2. Strategic Analysis (Strategic Analyst)
Core Strategic Question
How should TIFF adjust its investment strategy and member communication to prevent further AUM erosion while maintaining its mission-driven endowment model during a period of extreme liquidity preference?
Structural Analysis
- Competitive Rivalry: High. Foundations are evaluating internalizing investment functions or shifting to lower-fee passive index products.
- Bargaining Power of Buyers: High. Members have low switching costs and are prioritizing immediate liquidity over long-term absolute returns.
Strategic Options
- Option 1: Pivot to Liquid Assets. Increase allocation to ETFs and cash. Trade-off: Protects AUM in the short term but sacrifices the long-term return profile that defines the TIFF mission.
- Option 2: Double Down on Endowment Model. Educate members on the necessity of illiquidity for premiums. Trade-off: Risks further redemptions from members facing immediate budgetary crises.

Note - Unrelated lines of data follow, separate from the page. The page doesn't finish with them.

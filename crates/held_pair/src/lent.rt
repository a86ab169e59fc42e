// What is held, with the stores that hold it: each call is lent its own.
use held_files::state::State;

// What is held, with the store of the tree file.
#[derive(Clone, Copy)]
pub struct HeldTree<'a> {
    pub state: State,
    pub tree_store: &'a [u8],
}

// What is held, with the stores of the tree file and of the opinion sheet.
#[derive(Clone, Copy)]
pub struct HeldPair<'a> {
    pub state: State,
    pub tree_store: &'a [u8],
    pub sheet_store: &'a [u8],
}
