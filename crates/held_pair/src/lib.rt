// What is held, lent with its stores, and judged afresh before a call goes on. The main contracts are those of
// `HeldTree::judge`, `HeldPair::judge` and `HeldPair::judge_level`.
#![tactic(auto)]

pub mod judge;
pub mod lent;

- Option 3: Hybrid Tiered Strategy. Create a new, highly liquid sub-fund for members with immediate needs while maintaining the core endowment fund. Trade-off: Operational complexity and increased management overhead.
Preliminary Recommendation
Option 3. TIFF must accommodate the immediate liquidity needs of its members to preserve its core base, while ring-fencing the long-term endowment strategy for those foundations capable of remaining invested.
3. Implementation Roadmap (Implementation Specialist)
Critical Path
- Month 1-2: Segment member base by liquidity needs; survey top 20 members to gauge potential redemptions.
- Month 3-4: Design and launch the Liquidity-Focused Sub-Fund (LFSF) with clear fee structures for liquidity management.
- Month 5-6: Communication rollout; reposition the core fund as a long-term capital preservation vehicle.
Key Constraints
- Manager Liquidity: Underlying alternative managers in the Multi-Asset Fund may have gates that prevent rapid cash extraction.
- Governance Approval: The board must approve the shift, which may be contentious if it deviates from the original mission.
Risk-Adjusted Implementation
Expect 15% of AUM to migrate to the LFSF. Maintain a cash buffer of 10% in the LFSF to prevent a secondary liquidity crisis if market conditions worsen.
4. Executive Review and BLUF (Executive Critic)
BLUF
TIFF is suffering from a misalignment between its long-term investment horizon and the immediate fiscal reality of its member foundations. The proposed hybrid strategy is necessary but insufficient. The primary danger is that the Liquidity-Focused Sub-Fund becomes a dumping ground for underperforming assets, damaging the brand. TIFF must explicitly define the Liquidity-Focused Sub-Fund as a defensive cash-management tool, not an alternative investment vehicle. If the board does not approve the creation of this liquidity tier by the next quarter, the organization faces a death spiral of forced asset sales at fire-sale prices to meet redemptions.
Dangerous Assumption
The analysis assumes members will remain loyal if a liquidity option is provided. In reality, once a foundation moves to a liquid vehicle, they have already started the process of disintermediation.
Unaddressed Risks
- Operational Friction: The cost of running two distinct investment strategies may exceed the cooperative revenue model.
- Regulatory Scrutiny: Changing fund mandates during a market crash may trigger fiduciary complaints from members who stayed in the original, illiquid fund.
Unconsidered Alternative
Strategic merger or partnership with a larger institutional asset manager. TIFF may lack the scale to survive this volatility as a standalone entity.